Pesquisadoras lançam site inédito sobre História da dança

No dia 25 de março na Livraria Blooks, em Botafogo, será lançado o site Temas de Dança . O site tem como objetivo aprofundar, ampliar e difundir a pesquisa em história da dança no Brasil. A página é um dos resultados do projeto de pesquisa Reestruturando Histórias da Dança, coordenado pela pesquisadora e artista Flavia Meireles com a participação das pesquisadoras Giselle Ruiz, Mariana Patrício, e Sofia Caesar, e da produtora Bárbara Fontana. O site foi projetado pela artista gráfica Mariana Aurélio.

Em 2011 o grupo Reestruturando Histórias da Dança ganhou o edital do Fundo de Apoio à Dança (FADA) da Secretaria Municipal de Cultura do Rio de Janeiro com o objetivo de aprofundar e repensar a pesquisa em história da dança no país. Um dos objetivos do grupo era criar um modo de fazer e pensar a história fugindo à linearidade e a criação de cânones que estabelecesse uma separação rígida entre os que estão dentro e fora dessa historiografia linear. Para concretizar essa nova perspectiva a estrutura hipertextual do site foi fundamental, estruturando a pesquisa em cinco temas que dialogam diretamente. O pesquisador pode assim criar seu próprio roteiro de pesquisa sem precisar se guiar por uma narrativa única da relação entre arte, história e pensamento. Os temas são: Artista em trânsito; Estratégias de Criação; Historiografia da Dança, Pensamento do Corpo/Corpo do Pensamento; e Colaborações.

O evento contará com um coquetel de lançamento e uma mesa de apresentação e debates sobre o site com as pesquisadoras envolvidas no projeto. Outra atividade prevista é a doação de livros para as bibliotecas da Faculdade Angel Vianna, do  Centro Coreográfico do Rio de Janeiro e da Univercidade; A livraria Blooks aproveita a ocasião para ampliar a sua seção de dança expondo durante o lançamento uma vitrine exclusiva de livros especializados no tema, nacionais e importados.

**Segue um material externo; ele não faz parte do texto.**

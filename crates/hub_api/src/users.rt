//! The calls on users.
ghost use Rattle.hub_api.specs.Refusals.{Gives};
ghost use Rattle.hub_api.specs.Readings as spec;
ghost use Rattle.hub_api.specs.Calls as paths;

use crate::method::Method;
use crate::parts::{
    activity_of, body_of, distinct_names, moment, name_at, needed_truth, page_of, truth,
};
use crate::refusal::ApiRefusal;
use http_wire::request::Request;
use hub_kit::names::UserName;
use hub_machine::call::Call;
use hub_paths::Path;
use std::alloc::Global;

/// `/users`, by its methods.
pub(crate) fn users(alloc: Global, method: Method, request: &Request) -> Result<Call, ApiRefusal>
    ensures { Gives result (paths.users method request.now) }
{
    match method {
        Method::Get => get_users(alloc, request),
        Method::Post => post_users(alloc, request),
        _ => Err(ApiRefusal::NoMethod),
    }
}

/// The user that the path names.
fn user_at(alloc: Global, request: &Request) -> Result<UserName, ApiRefusal>
    ensures { Gives result (spec.user_at request.now) }
{
    name_at(alloc, request, Path::User, "{user}")
}

/// `/users/{user}`, by its methods.
pub(crate) fn user(alloc: Global, method: Method, request: &Request) -> Result<Call, ApiRefusal>
    ensures { Gives result (paths.user method request.now) }
{
    match method {
        Method::Get => Ok(Call::GetUser {
            user: user_at(alloc, request)?,
        }),
        Method::Post => Ok(Call::PostUser {
            user: user_at(alloc, request)?,
        }),
        Method::Patch => patch_user(alloc, request),
        Method::Delete => Ok(Call::DeleteUser {
            user: user_at(alloc, request)?,
        }),
        _ => Err(ApiRefusal::NoMethod),
    }
}

/// `/users/{user}/activity`, by its methods.
pub(crate) fn activity(alloc: Global, method: Method, request: &Request) -> Result<Call, ApiRefusal>
    ensures { Gives result (paths.activity method request.now) }
{
    match method {
        Method::Post => post_activity(alloc, request),
        _ => Err(ApiRefusal::NoMethod),
    }
}

#[tactic(auto, unfolding(crate::specs::Readings::get_users))]
fn get_users(alloc: Global, request: &Request) -> Result<Call, ApiRefusal>
    ensures { Gives result (spec.get_users request.now) }
{
    Ok(Call::GetUsers {
        page: page_of(alloc, request)?,
    })
}

#[tactic(auto, unfolding(crate::specs::Readings::post_users))]
fn post_users(alloc: Global, request: &Request) -> Result<Call, ApiRefusal>
    ensures { Gives result (spec.post_users request.now) }
{
    let body = body_of(alloc, request)?;
    let usernames = distinct_names(alloc, &body, "usernames");
    let admin = truth(&body, "admin");
    drop(body);
    Ok(Call::PostUsers {
        usernames: usernames?,
        admin: admin?,
    })
}

#[tactic(auto, unfolding(crate::specs::Readings::patch_user))]
fn patch_user(alloc: Global, request: &Request) -> Result<Call, ApiRefusal>
    ensures { Gives result (spec.patch_user request.now) }
{
    let user = user_at(alloc, request)?;
    let body = body_of(alloc, request)?;
    let admin = needed_truth(&body, "admin");
    drop(body);
    Ok(Call::PatchUser {
        user,
        admin: admin?,
    })
}

#[tactic(auto, unfolding(crate::specs::Readings::post_activity))]
fn post_activity(alloc: Global, request: &Request) -> Result<Call, ApiRefusal>
    ensures { Gives result (spec.post_activity request.now) }
{
    let user: UserName = name_at(alloc, request, Path::Activity, "{user}")?;
    let body = body_of(alloc, request)?;
    let last_activity = moment(alloc, &body, "last_activity");
    let servers = activity_of(alloc, &body, "servers");
    drop(body);
    Ok(Call::PostActivity {
        user,
        last_activity: last_activity?,
        servers: servers?,
    })
}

O idanca.net entrou em contato com duas das pesquisadoras que idealizaram o projeto, Flavia Meireles e Mariana Patrício, e a entrevista você confere aqui:

1. O site é fruto do Projeto de Pesquisa Reestrurando Histórias da Dança. Em que consiste essa pesquisa?

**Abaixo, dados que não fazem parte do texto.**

//! The calls on roles.
ghost use Rattle.std.specs.Prelude.{◌≡◌, Ok};
ghost use Rattle.http_wire.specs.declared.request.Request.{Request};
ghost use Rattle.serde_json.specs.View.{view};
ghost use Rattle.hub_api.specs.Bodies.{body_of};
ghost use Rattle.hub_api.specs.Refusals.{Gives};
ghost use Rattle.hub_api.specs.Readings as spec;
ghost use Rattle.hub_api.specs.Calls as paths;

use crate::method::Method;
use crate::parts::{body_of, list, name_at, page_of, scope_texts, scopes};
use crate::refusal::ApiRefusal;
use http_wire::request::Request;
use hub_kit::list::List;
use hub_kit::names::{GroupName, RoleName, ServiceName, UserName};
use hub_machine::call::Call;
use hub_paths::Path;
use serde_json::Value;
use std::alloc::Global;

/// `/roles`, by its methods.
pub(crate) fn roles(alloc: Global, method: Method, request: &Request) -> Result<Call, ApiRefusal>
    ensures { Gives result (paths.roles method request.now) }
{
    match method {
        Method::Get => get_roles(alloc, request),
        _ => Err(ApiRefusal::NoMethod),
    }
}

/// The role that the path names.
fn role_at(alloc: Global, request: &Request) -> Result<RoleName, ApiRefusal>
    ensures { Gives result (spec.role_at request.now) }
{
    name_at(alloc, request, Path::Role, "{role}")
}

/// `/roles/{role}`, by its methods.
pub(crate) fn role(alloc: Global, method: Method, request: &Request) -> Result<Call, ApiRefusal>
    ensures { Gives result (paths.role method request.now) }
{
    match method {
        Method::Get => Ok(Call::GetRole {
            role: role_at(alloc, request)?,
        }),
        Method::Put => put_role(alloc, request),
        Method::Delete => Ok(Call::DeleteRole {
            role: role_at(alloc, request)?,
        }),
        _ => Err(ApiRefusal::NoMethod),
    }
}

#[tactic(auto, unfolding(crate::specs::Readings::get_roles))]
fn get_roles(alloc: Global, request: &Request) -> Result<Call, ApiRefusal>
    ensures { Gives result (spec.get_roles request.now) }
{
    Ok(Call::GetRoles {
        page: page_of(alloc, request)?,
    })
}

#[tactic(auto, unfolding(crate::specs::Readings::put_role))]
fn put_role(alloc: Global, request: &Request) -> Result<Call, ApiRefusal>
    ensures { Gives result (spec.put_role request.now) }
{
    let role = role_at(alloc, request)?;
    let body = body_of(alloc, request)?;
    let call = put_role_of(alloc, role, &body);
    drop(body);
    call
}

/// The call that puts a role, by its name and its body. The body is read whole before its scopes are.
#[tactic(auto, unfolding(crate::specs::Readings::put_role))]
fn put_role_of(alloc: Global, role: RoleName, body: &Value) -> Result<Call, ApiRefusal>
    ensures { (q : Request) → spec.role_at q ≡ Ok role → body_of q ≡ Ok (view body.now) → Gives result (spec.put_role q) }
{
    let texts = scope_texts(alloc, body)?;
    let users: List<UserName> = list(alloc, body, "users")?;
    let groups: List<GroupName> = list(alloc, body, "groups")?;
    let services: List<ServiceName> = list(alloc, body, "services")?;
    let scopes = scopes(alloc, &texts)?;
    Ok(Call::PutRole {
        role,
        scopes,
        users,
        groups,
        services,
    })
}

Esta pesquisa consiste na reunião de pesquisadores interessados em trabalhar a partir do tema História da dança. Fazem parte dela as pesquisadoras Flavia Meireles, Giselle Ruiz e Mariana Patrício. Temos como assistente de pesquisa a graduada em dança e design Sofia Caesar e coordenação de produção de Barbara Fontana, além de diversos parceiros. A pesquisa tem a intenção de problematizar tanto o ato de historiografar (note que adotamos histórias, no plural) quanto os conteúdos que abordamos, apresentando diversas perspectivas de um mesmo tema. Funcionamos através de encontros semanais para discutir leituras e material audiovisual selecionado. Teremos um histórico deste percurso registrado no site. Percebemos, nestes seis meses de pesquisas juntas (e muitos anos de pesquisas solitárias), que o que poderíamos fazer, neste primeiro momento, era definir alguns critérios por onde abordar os temas. Passamos meses discutindo só isso e, é claro, o assunto não está esgotado. Entretanto, definimos cinco pontos de partida para estruturar tanto nossa pesquisa quanto o site, que é um dos resultados. Dessa maneira, o site reflete o clima dos encontros para a pesquisa. Além disso também pesquisamos em videotecas parceiras, levantamos o catálogo das bibliotecas especializadas em dança no Rio de Janeiro (tivemos, aliás, muita dificuldade nessa catalogação pois a organização da nossa memória ainda é feita de maneira muito precária, por inúmeros motivos), fizemos entrevistas com artistas e professores de dança. Foi uma empreitada e tanto que está somente no começo.
O intuito da pesquisa é, agora que temos um site, reunir mais pesquisadores entorno dos temas que criamos, ser um lugar de divulgação das pesquisas dos artistas e pesquisadores e, principalmente, uma fonte de pesquisa diferenciada. Em vez de catalogar o material de dança existente (já existem alguns sites especializados nisso) propomos levantar alguns temas, algumas articulações das informações já disponíveis. Procuramos também dar visibilidade a aspectos da história e memória que acreditamos estarem eclipsados na enxurrada de informações de que dispomos hoje em dia. A ideia é buscar critérios, olhares e, a partir daí, perspectivas.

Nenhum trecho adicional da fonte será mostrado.